Он даже не пытался отрицать, и его уклончивость была честнее любого признания, потому что признание можно оспорить, а «разве это плохой исход» оспаривать нечем.
Я не ответил. Развернулся и пошёл по коридору, неся в руках тяжёлую шкатулку, которую нельзя открывать до Мурома.
В покоях я первым делом взялся за телефон, потому что после таких вечеров человеку нужно услышать один-единственный голос, и я знал, чей.
«Аппарат абонента выключен или находится вне зоны действия сети».
Я посмотрел на экран. Одиннадцатый час здесь, в Муроме на пять часов меньше, вечер, шестой час. Ника не выключает телефон. Никогда, ни ночью, ни в театре, куда мы выбрались за всю жизнь дважды, это фельдшерское, вбитое годами на подстанции.
Я набрал ещё раз. Выключен.
Семён. Гудки не пошли вовсе, сразу автомат, выключен. Кобрук, служебный, тот, который она таскает в нагрудном кармане. «Вне зоны действия сети». Зиновьева. Глухо.
Я сел на край кровати и заставил себя думать, без паники до получения данных. Совпадение? Вечер, люди дома, телефоны на зарядках. Не бывает, эти люди не расстаются с трубками. Авария на вышке, буря, обрыв?
Версии я перебрал все, и все забраковал, одну за другой. Четыре телефона одновременно не выключаются. Так не бывает в мире, где всё в порядке.
– Двуногий, – Фырк перетёк с подушки мне на плечо и сунул нос в тёмный экран. Голос у него был непривычно тихий. – А чего это твой дом молчит? Все разом. Как вымерли.
– Не накручивай, – сказал я ему и себе. – Вылет утром. Дома разберусь.
Слова прозвучали спокойно, и не убедили никого из нас двоих.
Собирался я после этого совсем в другом темпе. Вещи ложились в чемодан быстро, с резкостью, с которой пакуют тревожный чемодан, а не отпускной.
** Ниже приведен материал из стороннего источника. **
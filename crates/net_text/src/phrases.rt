//! The small phrases of netlists: names, numbers, ranges, directions and selections.
ghost use Rattle.std.specs.Prelude.{◌≡◌, ◌<◌, ◌≤◌, OnOk, length};
ghost use Rattle.text_defs.specs.Phrases.{option};
ghost use Rattle.text_defs.specs.Tokens.{one_of, of_class};
ghost use Rattle.std.specs.Option.{option_map};
ghost use Rattle.net_text.specs.NetlistClasses.{is_wire, is_colon, is_left_bracket};
ghost use Rattle.net_text.specs.NetlistGrammar.{name, number, range, range_option, shape, colon_number, selection};
ghost use Rattle.net_text.specs.Streams.{word_view};
ghost use Rattle.text_streams.specs.Answers.{Answers};
ghost use Rattle.net_text.specs.CommaLists.{named_view};
ghost use Rattle.net_text.specs.ParserViews.{shape_view};

use crate::classes::NetClass;
use crate::runs;
use crate::tokens::{NameAt, Tokens};
use crate::words::Word;
use pw_defs::Dir;
use text_streams::Stop;

/// The direction and range of ports.
#[derive(Clone, Copy)]
pub struct ShapeOf {
    pub dir: Dir,
    pub range: Option<(u32, u32)>,
}

/// A name.
#[tactic(auto, unfolding(text_defs::specs::Grammar::read))]
pub fn name<'a>(tokens: &mut Tokens<'a>) -> Result<NameAt<'a>, Stop>
    ensures answers { Answers named_view name tokens.old result tokens.new }
    ensures shorter { OnOk result (length tokens.new < length tokens.old) }
{
    let word = tokens.one(NetClass::Name)?;
    Ok(NameAt {
        text: word.text,
        line: word.line,
    })
}

/// A number of at most 65,535.
#[tactic(auto, unfolding(text_defs::specs::Grammar::read))]
pub fn number(tokens: &mut Tokens<'_>) -> Result<u32, Stop>
    ensures answers { Answers (λ n. n) number tokens.old result tokens.new }
    ensures shorter { OnOk result (length tokens.new < length tokens.old) }
{
    let word = tokens.one(NetClass::Number)?;
    Ok(runs::number_of(word.text))
}

/// A range, its left place first.
#[tactic(auto, unfolding(text_defs::specs::Grammar::read))]
pub fn range(tokens: &mut Tokens<'_>) -> Result<(u32, u32), Stop>
    ensures answers { Answers (λ r. r) range tokens.old result tokens.new }
    ensures shorter { OnOk result (length tokens.new < length tokens.old) }
{
    tokens.one(NetClass::LeftBracket)?;
    let left = number(tokens)?;
    tokens.one(NetClass::Colon)?;
    let right = number(tokens)?;
    tokens.one(NetClass::RightBracket)?;
    Ok((left, right))
}

/// A range, or none.
#[tactic(auto, unfolding(text_defs::specs::Grammar::read))]
pub fn range_option(tokens: &mut Tokens<'_>) -> Result<Option<(u32, u32)>, Stop>
    ensures answers { Answers (λ r. r) range_option tokens.old result tokens.new }
    ensures longer { OnOk result (length tokens.new ≤ length tokens.old) }
{
    if !tokens.is_next(NetClass::LeftBracket) {
        return Ok(None);
    }
    let range = range(tokens)?;
    Ok(Some(range))
}

/// A direction, the word `wire` or not, a range or none.
#[tactic(auto, unfolding(text_defs::specs::Grammar::read))]
pub fn shape(tokens: &mut Tokens<'_>) -> Result<ShapeOf, Stop>
    ensures answers { Answers shape_view shape tokens.old result tokens.new }
    ensures shorter { OnOk result (length tokens.new < length tokens.old) }
{
    let dir = tokens.direction()?;
    wire_option(tokens)?;
    let range = range_option(tokens)?;
    Ok(ShapeOf { dir, range })
}

/// The word `wire`, or nothing.
#[tactic(auto, unfolding(text_defs::specs::Grammar::read))]
fn wire_option<'a>(tokens: &mut Tokens<'a>) -> Result<Option<Word<'a>>, Stop>
    ensures answers { Answers (option_map word_view) (option (of_class is_wire) (one_of is_wire)) tokens.old result tokens.new }
    ensures longer { OnOk result (length tokens.new ≤ length tokens.old) }
{
    if !tokens.is_next(NetClass::Wire) {
        return Ok(None);
    }
    let word = tokens.one(NetClass::Wire)?;
    Ok(Some(word))
}

/// A number behind a colon, or none.
#[tactic(auto, unfolding(text_defs::specs::Grammar::read))]
fn colon_option(tokens: &mut Tokens<'_>) -> Result<Option<u32>, Stop>
    ensures answers { Answers (λ n. n) (option (of_class is_colon) colon_number) tokens.old result tokens.new }
    ensures longer { OnOk result (length tokens.new ≤ length tokens.old) }
{
    if !tokens.is_next(NetClass::Colon) {
        return Ok(None);
    }
    tokens.one(NetClass::Colon)?;
    let number = number(tokens)?;
    Ok(Some(number))
}

/// `[m]` or `[m:l]`.
#[tactic(auto, unfolding(text_defs::specs::Grammar::read))]
fn selection(tokens: &mut Tokens<'_>) -> Result<(u32, Option<u32>), Stop>
    ensures answers { Answers (λ s. s) selection tokens.old result tokens.new }
    ensures shorter { OnOk result (length tokens.new < length tokens.old) }
{
    tokens.one(NetClass::LeftBracket)?;
    let left = number(tokens)?;
    let right = colon_option(tokens)?;
    tokens.one(NetClass::RightBracket)?;
    Ok((left, right))
}

/// A selection, or none.
#[tactic(auto, unfolding(text_defs::specs::Grammar::read))]
pub fn selection_option(tokens: &mut Tokens<'_>) -> Result<Option<(u32, Option<u32>)>, Stop>
    ensures answers { Answers (λ s. s) (option (of_class is_left_bracket) selection) tokens.old result tokens.new }
    ensures longer { OnOk result (length tokens.new ≤ length tokens.old) }
{
    if !tokens.is_next(NetClass::LeftBracket) {
        return Ok(None);
    }
    let selection = selection(tokens)?;
    Ok(Some(selection))
}
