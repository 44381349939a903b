//! What a module declares, in the order of its text.
ghost use Rattle.std.specs.Prelude.{◌≡◌, ◌++◌, Some, OnOk, map, unwrap_or};
ghost use Rattle.std.specs.Option.{option_map};
ghost use Rattle.net_text.specs.SecondDeclarations.{shaped_ports, header_ports, item_declarations};
ghost use Rattle.net_text.specs.CommaLists.{named_view};
ghost use Rattle.net_text.specs.ParserViews.{shape_view};
ghost use Rattle.net_text.specs.ItemViews.{item_view};
ghost use Rattle.net_text.specs.HeaderViews.{port_view, header_view};
ghost use Rattle.net_text.specs.DeclarationViews.{declaration_view, declared_as};

use crate::headers::{HeaderAt, PortAt};
use crate::items::ItemAt;
use crate::phrases::ShapeOf;
use crate::tokens::NameAt;
use pw_defs::List;
use std::alloc::AllocError;

/// A declaration of a module, with the name and its line.
#[derive(Clone, Copy)]
pub enum DeclarationAt<'a> {
    HeaderPort {
        name: NameAt<'a>,
        shape: Option<ShapeOf>,
    },
    PortDirection {
        name: NameAt<'a>,
        shape: ShapeOf,
    },
    WireName {
        name: NameAt<'a>,
        range: Option<(u32, u32)>,
    },
    InstanceName {
        name: NameAt<'a>,
    },
}

/// What the names of a list are.
#[derive(Clone, Copy)]
enum NamesAs {
    HeaderPorts,
    Directions(ShapeOf),
    Wires(Option<(u32, u32)>),
}

/// What a name of a list declares.
fn declared_as<'a>(names: NamesAs, name: NameAt<'a>) -> DeclarationAt<'a>
    ensures { declaration_view result ≡ declared_as names (named_view name.entry) }
{
    match names {
        NamesAs::HeaderPorts => DeclarationAt::HeaderPort { name, shape: None },
        NamesAs::Directions(shape) => DeclarationAt::PortDirection { name, shape },
        NamesAs::Wires(range) => DeclarationAt::WireName { name, range },
    }
}

/// Adds what the names of a list declare.
fn add_names<'a>(
    names: &[NameAt<'a>],
    kind: NamesAs,
    all: &mut List<DeclarationAt<'a>>,
) -> Result<(), AllocError>
    ensures { OnOk result (map declaration_view all.new ≡ map declaration_view all.old ++ map (declared_as kind) (map named_view names.now)) }
{
    for name in names {
        all.push(declared_as(kind, *name))?;
    }
    Ok(())
}

/// The direction and range of a port, which are those of the port before it where it says none.
fn shape_at(port: &PortAt<'_>, before: ShapeOf) -> ShapeOf
    ensures { shape_view result ≡ unwrap_or (option_map shape_view port.now.shape) (shape_view before) }
{
    match port.shape {
        None => before,
        Some(shape) => shape,
    }
}

/// Adds the further ports of a header with directions.
fn add_ports<'a>(
    shape: ShapeOf,
    ports: &[PortAt<'a>],
    all: &mut List<DeclarationAt<'a>>,
) -> Result<(), AllocError>
    ensures { OnOk result (map declaration_view all.new ≡ map declaration_view all.old ++ shaped_ports (shape_view shape) (map port_view ports.now)) }
{
    let mut shape = shape;
    for port in ports {
        shape = shape_at(port, shape);
        all.push(DeclarationAt::HeaderPort {
            name: port.name,
            shape: Some(shape),
        })?;
    }
    Ok(())
}

/// Adds the ports of a header.
pub fn add_header<'a>(
    header: &HeaderAt<'a>,
    all: &mut List<DeclarationAt<'a>>,
) -> Result<(), AllocError>
    ensures { OnOk result (map declaration_view all.new ≡ map declaration_view all.old ++ header_ports (header_view header.now)) }
{
    match header {
        HeaderAt::Names(names) => {
            add_names(names.as_slice(), NamesAs::HeaderPorts, all)?;
            Ok(())
        }
        HeaderAt::Shaped { shape, name, more } => {
            all.push(DeclarationAt::HeaderPort {
                name: *name,
                shape: Some(*shape),
            })?;
            add_ports(*shape, more.as_slice(), all)?;
            Ok(())
        }
    }
}

/// Adds what an item declares.
pub fn add_item<'a>(item: &ItemAt<'a>, all: &mut List<DeclarationAt<'a>>) -> Result<(), AllocError>
    ensures { OnOk result (map declaration_view all.new ≡ map declaration_view all.old ++ item_declarations (item_view item.now)) }
{
    match item {
        ItemAt::Directions { shape, names } => {
            add_names(names.as_slice(), NamesAs::Directions(*shape), all)?;
            Ok(())
        }
        ItemAt::Wires { range, names } => {
            add_names(names.as_slice(), NamesAs::Wires(*range), all)?;
            Ok(())
        }
        ItemAt::Assigns(_) => Ok(()),
        ItemAt::Instance { name, .. } => {
            all.push(DeclarationAt::InstanceName { name: *name })?;
            Ok(())
        }
    }
}
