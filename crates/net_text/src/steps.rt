//! Places behind white space, and behind bytes of which none is white space, on the way from token to token.
ghost use Rattle.std.specs.Prelude.{◌≡◌, cond, ◌+◌, ◌<◌, ◌≤◌, ◌==◌, ◌&&◌, ◌||◌, true, min, length, take, drop, slice_index_or};
ghost use Rattle.std.specs.List.{list_all};
ghost use Rattle.text_defs.specs.Pieces.{is_blank};
ghost use Rattle.text_streams.specs.Places.{IsAt, fresh_after};
ghost use Rattle.net_text.specs.NetlistTokens.{is_graphic};
ghost use Rattle.net_text.specs.Streams.{tokens_behind};

use text_streams::{Place, is_white};

/// The line behind a byte on a line.
fn line_behind(line: u32, byte: u8) -> u32
    ensures { result ≡ min (line + cond (byte == 10) 1 0) 4294967295 }
{
    if byte == b'\n' {
        return line.saturating_add(1);
    }
    line
}

/// Whether only blanks stand before what follows a byte, on its line.
fn fresh_behind(fresh: bool, byte: u8) -> bool
    ensures { result ≡ (byte == 10 || (fresh && is_blank byte)) }
{
    byte == b'\n' || (fresh && (byte == b' ' || byte == b'\t'))
}

/// The place behind the byte that stands at a place.
fn behind_byte<'a>(place: Place<'a>, byte: u8) -> Place<'a>
    requires at { IsAt place }
    requires some { place.at < length place.text.now }
    requires byte { byte ≡ slice_index_or place.text.now place.at 0 }
    ensures at { IsAt result }
    ensures text { result.text.now ≡ place.entry.text.now }
    ensures place { result.at ≡ place.entry.at + 1 }
    ensures fresh { result.fresh ≡ (byte == 10 || (place.entry.fresh && is_blank byte)) }
{
    Place {
        text: place.text,
        at: place.at + 1,
        line: line_behind(place.line, byte),
        fresh: fresh_behind(place.fresh, byte),
    }
}

/// The place behind all white space that stands at a place.
pub fn behind_white<'a>(place: Place<'a>) -> Place<'a>
    requires { IsAt place }
    ensures at { IsAt result }
    ensures text { result.text.now ≡ place.entry.text.now }
    ensures place { place.entry.at ≤ result.at }
    ensures tokens { tokens_behind result ≡ tokens_behind place.entry }
{
    let mut place = place;
    while place.at < place.text.len() {
        let byte = place.text[place.at];
        if !is_white(byte) {
            return place;
        }
        place = behind_byte(place, byte);
    }
    place
}

/// The place so many bytes on, where none of these is white space.
pub fn behind_graphic<'a>(place: Place<'a>, size: usize) -> Place<'a>
    requires at { IsAt place }
    requires size { place.at + size ≤ length place.text.now }
    requires some { 1 ≤ size }
    requires graphic { list_all is_graphic (take size (drop place.at place.text.now)) ≡ true }
    ensures at { IsAt result }
    ensures text { result.text.now ≡ place.entry.text.now }
    ensures place { result.at ≡ place.entry.at + size }
    ensures fresh { result.fresh ≡ fresh_after place.entry.fresh (take size (drop place.entry.at place.entry.text.now)) }
{
    Place {
        text: place.text,
        at: place.at + size,
        line: place.line,
        fresh: false,
    }
}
Шкатулка ушла в ручную кладь, документы во внутренний карман.
Телефон я положил на тумбочку экраном вверх и, складывая остальное, ловил себя на том, что взгляд возвращается к нему каждые полминуты. Вдруг перезвонят. Вдруг там просто метель, и сейчас экран вспыхнет, и ворчливый счастливый голос скажет, что я паникёр и что обои сами себя не поклеят.
Экран оставался тёмным до самого утра.
Утром у трапа меня ждал Чен.
Он стоял на бетоне, у самой лестницы, один, без свиты и без машины сопровождения, в тёмном пальто, застёгнутом на все пуговицы, и воротник его трепал утренний ветер. Профессор, национальная легенда, приехал провожать сам, по протоколу этого визита не существовало.
Говорили мы недолго и по делу, как и полагается. Он кивал, и я видел, что каждый пункт у него уже лежит в голове на своей полке, разложенный ещё вчера.
– Я буду вести их как собственных дочерей, Илья, – сказал он. По-русски он говорил теперь увереннее, фразы стали длиннее, и я подозревал, что он занимался все эти дни, специально к этому разговору. – Вы сняли с меня проклятие той ночи. Я знаю цену этим словам. Я платил её много лет.
– Вы сняли его сами, профессор. Той ночью, когда взяли зажим.
Он посмотрел на меня, начал что-то отвечать, и вместо ответа сделал то, чего я не ждал ни от него, ни от этого утра. Чен шагнул вперёд и обнял меня.
Коротко, неловко, руки его легли мне на спину. Очень крепко, до хруста, а потом он так же резко отступил, поправил пальто и выпрямился с прежней своей осанкой, уши у него горели, он смотрел мимо меня, на самолёт.
Я стоял и молчал, потому что понимал, чему сейчас стал свидетелем. Этот застёгнутый на все пуговицы человек не обнимал никого много лет. Он вообще не подпускал к себе людей ближе длины операционного стола. И вот эти восемнадцать лет закончились, здесь, на продутом ветром бетоне, и потратил он их окончание на меня.
На плече шумно сглотнули.
– Смотри-ка, двуногий… – Фырк честно пытался ехидничать, но голос его подводил, съезжая в сипоту. – А он, оказывается, мягкий. Внутри. Почти как утка.
Филипп, поднимавшийся к трапу с портфелем, остановился рядом, проследил, как прямая спина Чена удаляется по бетону к зданию терминала, и сказал вещь, от которой у меня по спине прошел холод пополам с чем-то ещё.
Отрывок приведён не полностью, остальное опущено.